- **MATERIAL FOR THIS TASK**:
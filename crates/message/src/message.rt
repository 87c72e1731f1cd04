// Messages: octets and elements, written one after another.
ghost use Rattle.std.specs.Prelude.{◌≡◌, ℕ, ◌+◌, ◌<◌, ◌≤◌, [], ◌∷◌, ◌++◌, length};

// A message of up to 256 octets.
// Places of its own and no `Octets`, as digits have: else a local of an optional message could not be passed by value twice.
#[derive(Clone, Copy)]
pub struct Message {
    octets: [u8; 256],
    len: usize,
    ghost whole: { length octets ≡ 256 },
    ghost few: { len ≤ 256 },
}

impl Message {
    ghost use Rattle.message.specs.Writing.{coded, copied, overlaid, written};

    pub fn empty() -> Message
        ensures nothing { written result ≡ [] }
        ensures size { result.len ≡ 0 }
    {
        Message {
            octets: [0; 256],
            len: 0,
        }
    }

    pub fn as_slice(&self) -> &[u8]
        ensures all { result.now ≡ written self.now }
        ensures few { length result.now ≤ 256 }
    {
        &self.octets[..self.len]
    }

    // Copies the message to the front of `out`; what lies beyond it remains. None, and nothing copied, where it does not fit.
    pub fn copy_to(&self, out: &mut [u8]) -> Option<usize>
        ensures result { result ≡ copied (written self.now) out.old }
        ensures buffer { out.new ≡ overlaid (written self.now) out.old }
    {
        let message = self.as_slice();
        let len = message.len();
        if len > out.len() {
            return None;
        }
        out[..len].copy_from_slice(message);
        Some(len)
    }

    // A message of one element.
    pub(crate) fn element(tag: u8, content: &[u8]) -> Message
        requires { length content.now < 128 }
        ensures all { written result ≡ coded tag content.now }
        ensures size { result.len ≡ 2 + length content.now }
    {
        let mut message = Message::empty();
        message.put(tag, content);
        message
    }

    // One octet more.
    fn push(&mut self, octet: u8)
        requires { self.old.len < 256 }
        ensures more { written self.new ≡ written self.old ++ octet ∷ [] }
        ensures size { self.new.len ≡ self.old.len + 1 }
    {
        self.octets[self.len] = octet;
        self.len += 1;
    }

    // Some octets more.
    fn append(&mut self, some: &[u8])
        requires { self.old.len + length some.now ≤ 256 }
        ensures more { written self.new ≡ written self.old ++ some.now }
        ensures size { self.new.len ≡ self.old.len + length some.now }
    {
        let end = self.len + some.len();
        self.octets[self.len..end].copy_from_slice(some);
        self.len = end;
    }

    // The tag and the length of an element, whose content follows. Its tag is an octet, as the formats name it.
    pub(crate) fn head(&mut self, tag: u8, len: usize)
        requires short { len < 128 }
        requires room { self.old.len + 2 ≤ 256 }
        ensures more { written self.new ≡ written self.old ++ tag ∷ len ∷ [] }
        ensures size { self.new.len ≡ self.old.len + 2 }
    {
        self.push(tag);
        self.push(len as u8);
    }

    // One element more.
    pub(crate) fn put(&mut self, tag: u8, content: &[u8])
        requires short { length content.now < 128 }
        requires room { self.old.len + 2 + length content.now ≤ 256 }
        ensures more { written self.new ≡ written self.old ++ coded tag content.now }
        ensures size { self.new.len ≡ self.old.len + 2 + length content.now }
    {
        self.head(tag, content.len());
        self.append(content);
    }
}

- **TASK STATEMENT**:
Out of the data above, give again only the lines starting at the one holding "pub(crate) fn put(&mut" and ending at the one holding "self.head(tag, content.len());", unchanged.

- **RESPONSE**:
    pub(crate) fn put(&mut self, tag: u8, content: &[u8])
        requires short { length content.now < 128 }
        requires room { self.old.len + 2 + length content.now ≤ 256 }
        ensures more { written self.new ≡ written self.old ++ coded tag content.now }
        ensures size { self.new.len ≡ self.old.len + 2 + length content.now }
    {
        self.head(tag, content.len());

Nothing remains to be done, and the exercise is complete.